TrueCrypt, the final release, archive - buddylw
https://www.grc.com/misc/truecrypt/truecrypt.htm
======
tagawa
"So, thanks guys . . . we'll take it from here." seems like an understated
reaction. More like a huge thank you for 10 years of hard work, with no
personal recognition, providing the world with a free, trusted and
increasingly useful aid to security and privacy. Whatever path the devs have
chosen to take, TrueCrypt users everywhere are very grateful.

------
kijin
Note to the devs:

Thank you for your hard and unappreciated work for the last 10 years.

But if you're no longer interested in continuing to devleop TrueCrypt, could
you _please_ replace the license on 7.1a with one of the OSI-approved, DFSG-
compatible licenses so that other people can keep developing and using
TrueCrypt if they want to?
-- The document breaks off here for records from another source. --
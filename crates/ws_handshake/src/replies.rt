ghost use Rattle.httparse.specs.Spans.{IsRequestWithin, IsRequestOf};
ghost use Rattle.ws_handshake.specs.Replies.{FollowsRules, IsRuled};

use crate::answers::acceptance;
use crate::requests::request_of;
use http::Request;
use httparse::Status;
use httparse::spans::{EMPTY_HEADER_SPAN, HeaderSpan, RequestSpans, parse_request};
use std::alloc::Global;
use websocket::handshake::HandshakeError;
use websocket::handshake::server::check_request;
use ws_gate::{Admission, Denial, Rules, admit};

/// How many headers a request may have.
const FIELD_LIMIT: usize = 124;

/// Why bytes are answered by nothing.
#[derive(Clone, Copy, Debug, PartialEq, Eq)]
pub enum Failure {
    /// They are no request, or one with too many headers, whatever comes behind them.
    NoRequest,
    /// Something came behind the request, before it was answered.
    TooEarly,
    /// The request asks for no WebSocket.
    NoUpgrade(HandshakeError),
    /// Its target or a header is none that `http` takes, or memory was wanted.
    Unfit,
}

/// What a server makes of the bytes that a client has sent.
#[derive(Drop)]
pub enum Reply {
    /// They are the beginning of a request.
    Unfinished,
    /// The request is admitted, and answered by these bytes.
    Admitted(Admission, Vec<u8>),
    /// A rule denies the request.
    Denied(Denial),
    /// It is closed without an answer.
    Refused(Failure),
}

/// The answer to a request that asks for an upgrade.
fn ruled(alloc: Global, accept_key: &[u8; 28], request: &Request<()>, rules: &Rules) -> Reply
    ensures { IsRuled accept_key.now request.now rules.now result }
{
    match admit(alloc, request, rules) {
        Ok(admission) => match acceptance(alloc, accept_key, admission.protocol) {
            Ok(answer) => Reply::Admitted(admission, answer),
            Err(_) => Reply::Denied(Denial::OutOfMemory),
        },
        Err(denial) => Reply::Denied(denial),
    }
}

/// What is answered to a whole request.
fn reply_to_request(
    alloc: Global,
    head: &[u8],
    found: &RequestSpans,
    spans: &[HeaderSpan],
    rules: &Rules,
) -> Reply
    requires within { IsRequestWithin head.now spans.now found.now }
    requires parsed { IsRequestOf head.now spans.now found.now }
    ensures { FollowsRules head.now rules.now result }
{
    if found.len != head.len() {
        return Reply::Refused(Failure::TooEarly);
    }
    let accept_key = match check_request(head, found, spans) {
        Ok(accept_key) => accept_key,
        Err(error) => return Reply::Refused(Failure::NoUpgrade(error)),
    };
    match request_of(alloc, head, found, spans) {
        Ok(request) => ruled(alloc, &accept_key, &request, rules),
        Err(_) => Reply::Refused(Failure::Unfit),
    }
}

/// What a server with these rules answers to a client that has sent these bytes.
pub fn reply_to_head(alloc: Global, head: &[u8], rules: &Rules) -> Reply
    ensures { FollowsRules head.now rules.now result }
{
    let mut spans = [EMPTY_HEADER_SPAN; FIELD_LIMIT];
    match parse_request(head, &mut spans) {
        Ok(Status::Complete(found)) => reply_to_request(alloc, head, &found, &spans, rules),
        Ok(Status::Partial) => Reply::Unfinished,
        Err(_) => Reply::Refused(Failure::NoRequest),
    }
}
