ghost use Rattle.std.specs.Prelude.{◌≡◌};
ghost use Rattle.ws_handshake.specs.Stages.{IsRulingBy};

use crate::answers::refusal;
use crate::rulings::Ruling;
use std::alloc::Global;
use std::sync::Arc;
use ws_gate::Rules;

/// An answer that is being written.
#[derive(Drop)]
pub(crate) struct Answering {
    rules: Arc<Rules, Global>,
    ruling: Ruling,
    // How many bytes of the answer the stream has taken.
    taken: usize,
    ghost follows: { ∥ IsRulingBy rules.value ruling ∥₁ },
}

impl Answering {
    /// Nothing of the answer is written yet.
    pub(crate) fn new(rules: Arc<Rules, Global>, ruling: Ruling) -> Answering
        requires { ∥ IsRulingBy rules.value ruling ∥₁ }
        ensures { result.rules ≡ rules }
    {
        Answering {
            rules,
            ruling,
            taken: 0,
        }
    }

    /// What the stream hasn't taken yet.
    pub(crate) fn rest(&self) -> &[u8] {
        let answer = match &self.ruling {
            Ruling::LetIn(_, answer) => answer.as_slice(),
            Ruling::KeptOut(denial) => refusal(*denial),
        };
        answer.get(self.taken..).unwrap_or(&[])
    }

    /// The stream has taken so many bytes more.
    pub(crate) fn take(&mut self, count: usize)
        ensures { self.new.rules ≡ self.old.rules }
    {
        self.taken = self.taken.saturating_add(count);
    }

    /// The ruling, once all is written.
    pub(crate) fn into_ruling(self) -> Ruling
        ensures { ∥ IsRulingBy self.rules.value result ∥₁ }
    {
        self.ruling
    }
}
I know that you think it's risky to keep using
TrueCrypt, but there seem to be plenty of people who are willing to fork over
tens of thousands of dollars to discover and fix any security issues.

An email sent to the auditing team and/or a message published on the official
website, signed with your usual keys, should suffice.

------
B-Con
This really doesn't feel satisfying. What about the bizarre way the project
was taken down? They really recommend Bitlocker? They literally think you
should just grep for "crypt" and use the result for your needs?

I guess I can buy that declaring it insecure because the dev team is no longer
maintaining it makes sense.

Assuming this is legit, I wonder if the move toward cloud storage and mobile
devices made them feel that they were slipping into a niche need. I disagree
(to some extent), but maybe they felt the bulk of their usefulness was behind
them.

------
ruskerdax
Is there any proof that these statements from the devs are legit?

------
higherpurpose
They still don't want to explain why they took it down so abruptly, which is
strange to say the least for a popular 10 year project.

Also, why didn't they make it easy to continue to project with the license,
and why do they keep saying that forking Truecrypt is "harmful"?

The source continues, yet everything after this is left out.